PROBLEM DESCRIPTION: Could you show all lines in the entries below that contain the string "capacity"?

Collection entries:
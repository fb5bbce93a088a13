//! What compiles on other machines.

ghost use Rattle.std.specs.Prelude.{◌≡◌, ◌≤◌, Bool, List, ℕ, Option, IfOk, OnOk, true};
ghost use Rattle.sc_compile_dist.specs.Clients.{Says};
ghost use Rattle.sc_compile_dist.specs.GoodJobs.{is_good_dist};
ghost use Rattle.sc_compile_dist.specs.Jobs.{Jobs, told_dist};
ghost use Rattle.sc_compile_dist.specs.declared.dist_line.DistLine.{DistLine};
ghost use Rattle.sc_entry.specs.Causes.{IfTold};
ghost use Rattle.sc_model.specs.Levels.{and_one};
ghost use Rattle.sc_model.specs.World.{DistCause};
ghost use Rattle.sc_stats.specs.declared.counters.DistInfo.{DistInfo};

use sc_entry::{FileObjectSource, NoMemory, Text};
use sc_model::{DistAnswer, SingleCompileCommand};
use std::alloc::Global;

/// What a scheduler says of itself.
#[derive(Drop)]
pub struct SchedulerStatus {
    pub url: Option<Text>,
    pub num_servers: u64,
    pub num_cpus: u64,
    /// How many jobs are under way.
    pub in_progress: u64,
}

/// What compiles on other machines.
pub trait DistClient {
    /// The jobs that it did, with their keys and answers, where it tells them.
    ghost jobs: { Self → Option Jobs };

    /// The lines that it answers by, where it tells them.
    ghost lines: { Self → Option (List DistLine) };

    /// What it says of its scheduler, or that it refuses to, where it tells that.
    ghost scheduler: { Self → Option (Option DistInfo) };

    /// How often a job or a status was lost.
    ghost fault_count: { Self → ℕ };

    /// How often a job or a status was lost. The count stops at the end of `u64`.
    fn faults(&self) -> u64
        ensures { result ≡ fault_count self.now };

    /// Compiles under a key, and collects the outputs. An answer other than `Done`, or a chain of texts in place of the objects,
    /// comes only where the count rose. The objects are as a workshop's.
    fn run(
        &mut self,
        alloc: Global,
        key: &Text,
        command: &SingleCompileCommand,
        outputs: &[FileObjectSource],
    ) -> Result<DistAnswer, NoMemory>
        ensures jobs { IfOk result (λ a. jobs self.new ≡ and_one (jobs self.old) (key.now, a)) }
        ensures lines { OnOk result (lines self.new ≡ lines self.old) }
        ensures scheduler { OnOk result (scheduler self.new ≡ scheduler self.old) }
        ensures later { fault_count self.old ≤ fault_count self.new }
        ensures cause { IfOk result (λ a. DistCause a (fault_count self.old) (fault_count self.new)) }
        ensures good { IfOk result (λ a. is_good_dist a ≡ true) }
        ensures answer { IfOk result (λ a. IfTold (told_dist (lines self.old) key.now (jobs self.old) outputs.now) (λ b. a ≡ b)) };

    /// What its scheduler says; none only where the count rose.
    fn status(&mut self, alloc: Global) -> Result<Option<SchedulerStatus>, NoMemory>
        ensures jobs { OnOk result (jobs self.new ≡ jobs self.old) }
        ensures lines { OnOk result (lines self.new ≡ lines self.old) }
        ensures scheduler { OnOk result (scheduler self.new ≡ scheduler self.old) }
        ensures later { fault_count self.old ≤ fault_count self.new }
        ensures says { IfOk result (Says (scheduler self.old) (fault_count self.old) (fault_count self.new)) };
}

...

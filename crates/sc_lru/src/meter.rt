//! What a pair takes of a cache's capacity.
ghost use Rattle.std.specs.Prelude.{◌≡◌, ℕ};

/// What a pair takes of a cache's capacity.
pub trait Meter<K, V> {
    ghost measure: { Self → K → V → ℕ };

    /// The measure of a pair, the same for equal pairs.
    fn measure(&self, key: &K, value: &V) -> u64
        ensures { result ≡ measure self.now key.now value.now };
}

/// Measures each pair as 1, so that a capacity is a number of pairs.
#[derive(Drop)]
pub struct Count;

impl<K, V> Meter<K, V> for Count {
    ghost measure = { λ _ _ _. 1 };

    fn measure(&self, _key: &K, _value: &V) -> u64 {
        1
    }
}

WRITTEN ANSWER:
//! What a pair takes of a cache's capacity.
/// What a pair takes of a cache's capacity.
/// Measures each pair as 1, so that a capacity is a number of pairs.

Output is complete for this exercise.